*** Opening MATERIAL SUPPLIED ***

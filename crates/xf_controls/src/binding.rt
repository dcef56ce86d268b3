//! The node that an element binds (XForms 1.1, sections 3.2.3 and 3.2.4).

ghost use Rattle.std.specs.Prelude.{◌≡◌, IfOk, map, option_map};
ghost use Rattle.xf_def_values.specs.Bounded.{GivesBounded};
ghost use Rattle.xf_name.specs.declared.axis.Axis.TheVariants.{Child};
ghost use Rattle.xf_def_forest.specs.Axis.{axis_of};
ghost use Rattle.xf_def_forest.specs.Forest.{IsLive};
ghost use Rattle.xf_def_forest.specs.Visit.{first_of, visits};
ghost use Rattle.xf_def_xpath.specs.Meaning.{meaning};
ghost use Rattle.xf_eval.specs.Live.{AroundStands};
ghost use Rattle.xf_eval_context.specs.Nested.StandIns.{stand_ins_of};
ghost use Rattle.xf_def_ui.specs.Around.{alone, first_bound};
ghost use Rattle.xf_form_elements.specs.Bound.{seen_bound};
ghost use Rattle.xf_controls.specs.Below as below;
ghost use Rattle.xf_controls.specs.Seen.{IsThere, number};
ghost use Rattle.xf_controls.specs.Surrounded.{around_in, first_from};

use std::alloc::Global;
use xf_def_forest::{Kind as NodeKind, NodeId};
use xf_def_syntax::{Expr, Tables};
use xf_eval::{Around, Context, EvalFault, nodes_in, value_at};
use xf_eval_context::nested::nested;
use xf_form_elements::Bound;
use xf_name::Axis;
use xf_tree::Forest;

pub(crate) fn is_bound(binding: Bound<'_>) -> bool
    ensures { result ≡ below.is_bound (seen_bound binding.entry) }
{
    match binding {
        Bound::Unbound => false,
        _ => true,
    }
}

/// The first node that is selected, and then what stands for it.
pub(crate) fn first_bound<A: Around>(
    alloc: Global,
    forest: &Forest,
    tables: &Tables,
    around: &A,
    model: u32,
    binding: Bound<'_>,
    focus: Option<NodeId>,
) -> Result<Option<NodeId>, EvalFault>
    requires around { AroundStands (A.given around.now) forest.now.forest.nodes }
    requires focus { IsThere focus forest.now.forest.nodes }
    ensures value { GivesBounded EvalFault.Memory EvalFault.Long (option_map number) result (first_bound (around_in (A.given around.now) tables.now forest.now.forest.nodes) model (seen_bound binding.entry) (option_map (λ n. alone n.number) focus)) }
    ensures live { IfOk result (λ found. IsThere found forest.now.forest.nodes) }
{
    let Some(focus) = focus else {
        return Ok(None);
    };
    match binding {
        Bound::Unbound => Ok(None),
        Bound::Nodes(expr) => first_selected(alloc, forest, around, model, expr, focus),
        Bound::ByBind(bind) => {
            let nodes = nested(alloc, forest, tables, bind, around)?;
            Ok(nodes.get(0))
        }
    }
}

fn first_selected<A: Around>(
    alloc: Global,
    forest: &Forest,
    around: &A,
    model: u32,
    expr: &Expr,
    focus: NodeId,
) -> Result<Option<NodeId>, EvalFault>
    requires around { AroundStands (A.given around.now) forest.now.forest.nodes }
    requires focus { IsLive focus.number forest.now.forest }
    ensures value { GivesBounded EvalFault.Memory EvalFault.Long (option_map number) result (first_from (A.given around.now) forest.now.forest.nodes model (meaning expr.now) focus.number) }
    ensures live { IfOk result (λ found. IsThere found forest.now.forest.nodes) }
{
    let value = value_at(alloc, forest, around, expr, &context_at(model, focus))?;
    let nodes = nodes_in(alloc, value);
    match nodes.get(0) {
        Some(node) => Ok(stands_for(forest, node)),
        None => Ok(None),
    }
}

/// A node alone as the context.
pub(crate) fn context_at(model: u32, node: NodeId) -> Context
    ensures { result ≡ record { model = model; node = node; position = 1; size = 1; current = node } }
{
    Context {
        model,
        node,
        position: 1,
        size: 1,
        current: node,
    }
}

/// A text stands for its parent, and a root for its document element.
fn stands_for(forest: &Forest, node: NodeId) -> Option<NodeId>
    requires live { IsLive node.number forest.now.forest }
    ensures value { option_map number result ≡ first_of (stand_ins_of (visits forest.now.forest.nodes) node.number) }
    ensures live { IsThere result forest.now.forest.nodes }
{
    match forest.kind(node) {
        NodeKind::Root => first_child(forest, node),
        NodeKind::Text => forest.parent(node),
        NodeKind::Element | NodeKind::Attribute => Some(node),
    }
}

fn first_child(forest: &Forest, node: NodeId) -> Option<NodeId>
    requires live { IsLive node.number forest.now.forest }
    ensures { option_map number result ≡ first_of (axis_of Child node.number (visits forest.now.forest.nodes)) }
{
    let mut walk = forest.axis(node, Axis::Child);
    walk.next()
}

*** Closing MATERIAL SUPPLIED ***

TASK INSTRUCTIONS: Print exactly the lines between the line with "fn first_child(forest: &Forest, node: NodeId)" and the final line of the records above, both included.

COMPLETED TASK:
fn first_child(forest: &Forest, node: NodeId) -> Option<NodeId>
    requires live { IsLive node.number forest.now.forest }
    ensures { option_map number result ≡ first_of (axis_of Child node.number (visits forest.now.forest.nodes)) }
{
    let mut walk = forest.axis(node, Axis::Child);
    walk.next()
}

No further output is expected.